Remember listening to old-time radio? I mean, physically listening — same time, same room — to the same program, same station? Chuck Schaden does. “My radio years were from about 1941 to ’49. I loved it. I’d rush home from school. We’d lie on the living room floor. Our radio was the floor-model Zenith with the flickering green eye and all the call letters printed on the dial. …One of my most vivid Sunday-afternoon memories came when I was listening to my favorite program, The Shadow, in December of 1941, when it was suddenly interrupted. Well, I didn’t care about a place called Pearl Harbor. I just wanted to hear about what was happening to Lamont Cranston. I was 7 years old.”

Chuck Schaden is now 44 years old, a graduate of Steinmetz High School and Navy Pier, husband of one and father of two, director of public relations for North West Federal Savings, and, most significantly, host of a weekly four-hour Saturday-afternoon radio program, Those Were the Days.

Schaden has been on the air since 1970, the last two years at WNIB, a classical-music station, where his is the most-listened-to program. He estimates that 40 to 50 thousand persons are tuning in Saturday after­noons. “When I started out, people would say, ‘How long is this fad gonna last?’ “Actually, at that point, I didn’t know — although I never thought it was a fad. What it is, is a nice link to the past. I really believe that people wouldn’t be listening to my program if there wasn’t a solid entertainment value. I always hope that there’ll be someone after I’m gone doing some old radio replays. They’re too good to be lost.”

March 15  TV appearance: Noon Break WBBM-TV Channel 2, Chicago. Hosts Lee Phillip and Bob Wallace with guest Chuck Schaden.

April 28  Memory Movie is a double feature, “Charlie McCarthy, Detective” (1939) starring Edgar Bergen plus “The Gracie Allen Murder Case” (1939) starring Gracie Allen.

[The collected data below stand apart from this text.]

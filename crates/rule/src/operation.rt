// What an object has the shape of: the operation that its single member's name and content make, or no rule.
ghost use Rattle.std.specs.Prelude.{◌≡◌};
ghost use Rattle.rule.specs.View.{single_of, counted_on, and_on, unit_at, plus_time_on, extract_on, path_on, operands_on, content_on, object_on};

use crate::operand::{first_of, integer_of};
use crate::view::View;
use keywords::{Keyword, Op, keyword_named, unit_named};
use model::TimeUnit;
use table::node::{Node, Rows, name_at, next_row, node_at};
use table::row::Span;
use table::string::bytes_of;

// The name and the content of the single member, if there is no other.
fn single_member(rule_table: &[u8], q: Rows) -> Option<(Span, Node)>
    ensures { result ≡ single_of rule_table.now q }
{
    if q.count != 1 {
        return None;
    }
    Some((name_at(rule_table, q.first), node_at(rule_table, q.first)))
}

// An operation with from `least` to `most` operands.
fn counted_operands(least: usize, most: usize, view: View, q: Rows) -> Option<View>
    ensures { result ≡ counted_on least most view q }
{
    if q.count < least || most < q.count {
        return None;
    }
    Some(view)
}

// Two operands or more.
fn and_operands(q: Rows) -> Option<View>
    ensures { result ≡ and_on q }
{
    if q.count < 2 {
        return None;
    }
    Some(View::And(q))
}

// The unit that a string names.
fn unit_at(rule_strings: &[u8], n: Node) -> Option<TimeUnit>
    ensures { result ≡ unit_at rule_strings.now n }
{
    match n {
        Node::String(s) => unit_named(bytes_of(rule_strings, s)),
        _ => None,
    }
}

// "a rule, an integer, one of "year" "month" "day" "hour""
fn plus_time(rule_table: &[u8], rule_strings: &[u8], q: Rows) -> Option<View>
    ensures { result ≡ plus_time_on rule_table.now rule_strings.now q }
{
    if q.count != 3 {
        return None;
    }
    let second = next_row(rule_table, q.first);
    let third = next_row(rule_table, second);
    let amount = integer_of(node_at(rule_table, second))?;
    let unit = unit_at(rule_strings, node_at(rule_table, third))?;
    Some(View::Apply(Op::PlusTime { amount, unit }, first_of(q)))
}

// "a rule, an integer"
fn extract(rule_table: &[u8], q: Rows) -> Option<View>
    ensures { result ≡ extract_on rule_table.now q }
{
    if q.count != 2 {
        return None;
    }
    let index = integer_of(node_at(rule_table, next_row(rule_table, q.first)))?;
    Some(View::Apply(Op::ExtractFromUvci(index), first_of(q)))
}

// `var` takes "a string itself, not an array".
fn path(k: Keyword, s: Span) -> Option<View>
    ensures { result ≡ path_on k s }
{
    match k {
        Keyword::Var => Some(View::Var(s)),
        _ => None,
    }
}

// Every other operation takes operands in an array.
fn operands(rule_table: &[u8], rule_strings: &[u8], k: Keyword, q: Rows) -> Option<View>
    ensures { result ≡ operands_on rule_table.now rule_strings.now k q }
{
    match k {
        Keyword::Var => None,
        Keyword::If => counted_operands(3, 3, View::If(q), q),
        Keyword::Reduce => counted_operands(3, 3, View::Reduce(q), q),
        Keyword::And => and_operands(q),
        Keyword::PlusTime => plus_time(rule_table, rule_strings, q),
        Keyword::ExtractFromUvci => extract(rule_table, q),
        Keyword::Counted { least, most, op } => {
            counted_operands(least, most, View::Apply(op, q), q)
        }
    }
}

// An operation with this content.
fn content_shape(rule_table: &[u8], rule_strings: &[u8], k: Keyword, content: Node) -> Option<View>
    ensures { result ≡ content_on rule_table.now rule_strings.now k content }
{
    match content {
        Node::String(s) => path(k, s),
        Node::Array(q) => operands(rule_table, rule_strings, k, q),
        _ => None,
    }
}

// 01, Shape: "An object must yield its single member, or else it is refused with 6."
pub fn operation(rule_table: &[u8], rule_strings: &[u8], q: Rows) -> Option<View>
    ensures { result ≡ object_on rule_table.now rule_strings.now q }
{
    let (name, content) = single_member(rule_table, q)?;
    let k = keyword_named(bytes_of(rule_strings, name))?;
    content_shape(rule_table, rule_strings, k, content)
}
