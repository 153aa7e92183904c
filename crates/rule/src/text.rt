// The text of a rule.
ghost use Rattle.rule.specs.Mark.{Marked};

// The rows of a rule, behind which lie the marks of its objects, and the bytes of its names and strings.
#[derive(Clone, Copy)]
pub struct RuleText<'a> {
    pub table: &'a [u8],
    pub strings: &'a [u8],
    pub ghost marked: { Marked table.now strings.now },
}
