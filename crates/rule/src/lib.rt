// The rule in a read table: what its objects have the shape of, the marks of that, and what stands at each row.
#![tactic(auto)]

pub mod mark;
mod operand;
pub mod operation;
pub mod text;
pub mod view;
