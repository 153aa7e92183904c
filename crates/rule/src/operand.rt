// The operands of `plusTime` and `extractFromUVCI`: a rule, and an integer.
ghost use Rattle.std.specs.Prelude.{◌≡◌};
ghost use Rattle.rule.specs.View.{first_of, integer_of};

use table::node::{Node, Rows};

// The first alone: the one rule among the operands of `plusTime` and `extractFromUVCI`.
pub fn first_of(q: Rows) -> Rows
    ensures { result ≡ first_of q }
{
    Rows {
        first: q.first,
        count: 1,
    }
}

// The integer that a node is.
pub fn integer_of(n: Node) -> Option<u64>
    ensures { result ≡ integer_of n }
{
    match n {
        Node::Integer(n) => Some(n),
        _ => None,
    }
}
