//! Runs on real files, with words and an output that a test gives.
use super::*;
use std::alloc::{Allocator, Global};
use std::env::FillError;
use std::fmt::Display;
use std::fs::{Metadata, OpenOptions};
use std::io::ErrorKind;
use std::rt::{Env, Files};
use std::sync::atomic::{AtomicU64, Ordering};
use std::test::Fail;
use std::{fs, io};

const K: &str = "instance 1\nrows 1\ncolumns 2\nmatrix\n3 5\ncost 2 3\nend\n";

const CUT: &str = "instance 1\nrows 1\ncolumns 2\nmatrix\n3";

const ONE: &str = "sessions 1 phase 0 session solve 15 end";

const EIGHT: &str = "sessions 1 phase 0 session solve 8 end";

const OVER: &str = "sessions 1\nphase 0\nsession\nsolve 1000000000001\nend\n";

const OTHER_SIZE: &str = "ledger 1\nsize 2 1\ngrade 0\nend\n";

const REPORT: &str = "report 1\nphase 1\nsession 1\noptimum 9 at 0 3\nend\n";

const WALKED: &str = "report 1\nphase 1\nsession 1\noptimum 5 at 1 1\nwalk 1*2 2*1\nlevel 9\nend\n";

const USAGE: &str = "usage: ct COMMAND ARGUMENTS\n";

// Arguments that a test gives.
#[derive(Drop)]
struct Given<'a> {
    words: &'a [&'a [u8]],
    alloc: Global,
}

impl<'a> Alloc for Given<'a> {
    type A = Global;

    fn alloc(&self) -> Global {
        self.alloc
    }
}

impl<'a> Env for Given<'a> {
    fn arg(&self, i: usize, buf: &mut [u8]) -> Result<usize, FillError> {
        let Some(word) = self.words.get(i) else {
            return Err(FillError::NotPresent);
        };
        let Some(front) = buf.get_mut(..word.len()) else {
            return Err(FillError::TooLong);
        };
        front.copy_from_slice(word);
        Ok(word.len())
    }

    fn var(&self, _name: &str, _buf: &mut [u8]) -> Result<usize, FillError> {
        Err(FillError::NotPresent)
    }

    fn var_at(&self, _i: usize, _buf: &mut [u8]) -> Result<usize, FillError> {
        Err(FillError::NotPresent)
    }
}

// An output that takes this text and no other.
#[derive(Drop)]
struct Wants<'a> {
    text: &'a [u8],
}

impl<'a> Print for Wants<'a> {
    fn print<D: Display + Drop>(&self, _value: D) -> io::Result<()> {
        Err(io::Error::from(ErrorKind::BrokenPipe))
    }

    fn println<D: Display + Drop>(&self, _value: D) -> io::Result<()> {
        Err(io::Error::from(ErrorKind::BrokenPipe))
    }

    fn write_all(&self, bytes: &[u8]) -> io::Result<()> {
        if bytes == self.text {
            return Ok(());
        }
        Err(io::Error::from(ErrorKind::BrokenPipe))
    }
}

// Each run on real files: the arguments after the program's name, what the output takes, and the exit code.
#[test]
fn each_status_of_a_run_on_files(rt: HostRuntime) -> Result<(), Fail> {
    for (path, text) in [
        ("K", K),
        ("cut", CUT),
        ("S", ONE),
        ("eight ", EIGHT),
        ("over", OVER),
        ("L", OTHER_SIZE),
    ] {
        fs::write(&rt, path, text)?;
    }
    let alloc = rt.alloc();
    let runs: [(&[&[u8]], &str, u8); 21] = [
        (&[b"ct", b"answer", b"K", b"S"], REPORT, 0),
        (&[b"ct"], USAGE, 2),
        (&[b"ct", b"answer", b"K"], USAGE, 2),
        (&[b"ct", b"answer", b"K", b"S", b"S"], USAGE, 2),
        (&[b"ct", b"answer", b"K", b"\xff"], USAGE, 2),
        (
            &[b"ct", b"answer", b"cut", b"S"],
            "bad instance: line 5 column 2: end\n",
            3,
        ),
        (
            &[b"ct", b"answer", b"K", b"over"],
            "bad sessions: line 4 column 7: limit\n",
            4,
        ),
        (&[b"ct", b"answer", b"K", b"none"], REPORT, 5),
        (&[b"ct", b"answer", b"K", b"S"], USAGE, 6),
        (
            &[b"ct", b"certify", b"K", b"0"],
            "ledger 1\nsize 1 2\ngrade 0\nend\n",
            0,
        ),
        (&[b"ct", b"serve", b"K", b"S", b"--workers=2"], REPORT, 0),
        (&[b"ct", b"serve", b"K", b"S", b"--workers=17"], USAGE, 2),
        (&[b"ct", b"check", b"K", b"S"], "bad ledger: line 1\n", 8),
        (&[b"ct", b"check", b"K", b"L"], "refused: line 2 size\n", 9),
        (
            &[b"ct", b"certify", b"K", b"6", b"--moves", b"2"],
            "full 6\n",
            10,
        ),
        (&[b"ct", b"answer", b"K", b"", b"S"], USAGE, 2),
        (&[b"ct", b"answer", b"K", b"S", b"--moves", b"9"], REPORT, 0),
        (
            &[
                b"ct",
                b"serve",
                b"K",
                b"eight ",
                b"--workers",
                b"0",
                b"--walks",
                b"--levels",
                b"--moves",
                b"9",
            ],
            WALKED,
            0,
        ),
        (
            &[
                b"ct",
                b"serve",
                b"K",
                b"eight ",
                b"--workers",
                b"0",
                b"--walks",
                b"--levels",
                b"--moves",
                b"9",
                b"S",
            ],
            USAGE,
            2,
        ),
        (&[b"ct", b"answer", b"K", b"eight"], REPORT, 5),
        // Nobody may read it.
        (
            &[b"ct", b"answer", b"/proc/sys/vm/compact_memory", b"S"],
            USAGE,
            5,
        ),
    ];
    for (row, (words, text, code)) in runs.into_iter().enumerate() {
        let output = Wants {
            text: text.as_bytes(),
        };
        let ended = exit_code(run_program(&rt, &Given { words, alloc }, &rt, &output));
        assert_eq!(rt;
            format!(in alloc; "{ended:?}")?,
            format!(in alloc; "{:?}", ExitCode::from(code))?,
            "row {row}"
        );
    }
    for path in ["K", "cut", "S", "eight ", "over", "L"] {
        fs::remove_file(&rt, path)?;
    }
    Ok(())
}

// The files of the file system, of which none is there when one is first opened.
#[derive(Drop)]
struct Late<'a, R> {
    files: &'a R,
    opened: AtomicU64,
}

fn none_here<T>() -> io::Result<T> {
    Err(io::Error::from(ErrorKind::NotFound))
}

impl<'a, R: Files> Files for Late<'a, R> {
    type File = R::File;

    type Dir = R::Dir;

    fn open_file(&self, how: &OpenOptions, path: &str) -> io::Result<R::File> {
        if self.opened.fetch_or(1, Ordering::SeqCst) == 0 {
            return none_here();
        }
        self.files.open_file(how, path)
    }

    fn open_dir(&self, _path: &str) -> io::Result<R::Dir> {
        none_here()
    }

    fn metadata(&self, _path: &str) -> io::Result<Metadata> {
        none_here()
    }

    fn symlink_metadata(&self, _path: &str) -> io::Result<Metadata> {
        none_here()
    }

    fn copy(&self, _from: &str, _to: &str) -> io::Result<u64> {
        none_here()
    }

    fn rename(&self, _from: &str, _to: &str) -> io::Result<()> {
        none_here()
    }

    fn remove_file(&self, _path: &str) -> io::Result<()> {
        none_here()
    }

    fn create_dir(&self, _path: &str) -> io::Result<()> {
        none_here()
    }

    fn remove_dir(&self, _path: &str) -> io::Result<()> {
        none_here()
    }

    fn remove_dir_all<B: Allocator>(&self, _alloc: B, _path: &str) -> io::Result<()> {
        none_here()
    }
}

// A file that comes late isn't asked for again.
#[test]
fn a_run_is_made_once(rt: HostRuntime) -> Result<(), Fail> {
    fs::write(&rt, "late_K", K)?;
    fs::write(&rt, "late_S", ONE)?;
    let files = Late {
        files: &rt,
        opened: AtomicU64::new(0),
    };
    let alloc = rt.alloc();
    let words: &[&[u8]] = &[b"ct", b"answer", b"late_K", b"late_S"];
    let output = Wants {
        text: REPORT.as_bytes(),
    };
    for code in [5, 0] {
        let ended = exit_code(run_program(&rt, &Given { words, alloc }, &files, &output));
        assert_eq!(rt;
            format!(in alloc; "{ended:?}")?,
            format!(in alloc; "{:?}", ExitCode::from(code))?
        );
    }
    fs::remove_file(&rt, "late_K")?;
    fs::remove_file(&rt, "late_S")?;
    Ok(())
}
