//! The refined order: which of two points is lower.
//!
//! A point has n coordinates `x`, each with a cost, and then m artificial ones. The lower of two points has the
//! smaller artificial total, then the smaller cost, row by row, then the smaller number at the first coordinate that
//! differs. The definitions are in `specs/Order.antt`, and `laws` says what holds of them.
#![tactic(auto)]

mod comparison;
mod cost_list;
mod costs;
pub mod laws;

pub use comparison::{art_total, compare, cost, costs_of, sum};
pub use cost_list::CostList;
pub use costs::Costs;
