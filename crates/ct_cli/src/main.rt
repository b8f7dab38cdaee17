//! The program `ct`: the words after its name, the files of the file system, and standard output.
#![tactic(auto)]

ghost use Rattle.std.specs.Prelude.{◌≡◌};
ghost use Rattle.std.specs.Process.{exit_status};
ghost use Rattle.ct_run.specs.Status.{number_of};

mod program;
#[cfg(test)]
mod tests;

use crate::program::run_program;
use ct_run::Status;
use std::process::ExitCode;

fn main(rt: HostRuntime) -> ExitCode {
    exit_code(run_program(&rt, &rt, &rt, &rt))
}

// The code of a status, with which the program ends.
fn exit_code(status: Status) -> ExitCode
    ensures { exit_status result ≡ number_of status }
{
    ExitCode::from(status.number())
}
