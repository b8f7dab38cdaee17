//! Laws of the refined order, as contracts of functions that do nothing.

ghost use Rattle.ct_order.specs.Laws.{OrderIsIrreflexive, OrderIsTransitive, OrderIsTotal, OrderKeepsSums};

/// No point is below itself, what is below a lower point is below, and of two points of one width that differ
/// exactly one is below the other.
pub fn order_is_total()
    ensures irreflexive { OrderIsIrreflexive }
    ensures transitive { OrderIsTransitive }
    ensures total { OrderIsTotal }
{}

/// Adding one point to both sides keeps the order, whatever the widths.
pub fn order_keeps_sums()
    ensures { OrderKeepsSums }
{}
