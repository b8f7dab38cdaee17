//! What `main` does, with any words, files and output.

use ct_outside::{Disk, FileShelf, StdSink};
use ct_run::{Status, run};
use ct_version::NoGate;
use std::alloc::AllocError;
use std::io::ErrorKind;
use std::rt::{Env, Files};
use std::sync::Wait;
use std::thread::Threads;
use std::{env, io};

/// Runs the command that the words after the program's name are.
pub fn run_program<R: Threads + Wait + Sync, E: Env + AllocGlobal, F: Files, P: Print>(
    rt: &R,
    env: &E,
    files: &F,
    output: &P,
) -> Status {
    let alloc = env.alloc();
    let Ok(words) = words_after_name(env) else {
        return Status::Memory;
    };
    let mut shelf = FileShelf::new(Disk::new(files), alloc);
    let mut out = StdSink::new(io::writer(output));
    run(rt, alloc, &words, &mut shelf, &mut out, &NoGate)
}

// None where one of them isn't UTF-8, since such words are no command.
fn words_after_name<E: Env + AllocGlobal>(env: &E) -> Result<Vec<String>, AllocError> {
    let mut words = Vec::new(env.alloc());
    match env::args(env) {
        Ok(args) => {
            for word in args.skip(1) {
                words.push(word)?;
            }
        }
        Err(error) if error.kind() == ErrorKind::OutOfMemory => return Err(AllocError),
        Err(_) => {}
    }
    Ok(words)
}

April 10  Chuck interviews actor Michael Rye in Hollywood, California.

May 5  TWTD begins a seven-week series presenting a complete 19-hour broad­cast day — from sign-on to sign-off— of station WJSV, Washington D. C. on September 21, 1939.

May 15  When Radio Was Radio, the hour-long series, resumes sporadic re-runs on WBEZ, Thursdays, 8-9 p.m.

June 2  Memory Movie double feature is “Blondie’s Lucky Day” (1946) starring Penny Singleton and Arthur Lake plus “Ellery Queen, Detective” (1940) starring Ralph Bellamy.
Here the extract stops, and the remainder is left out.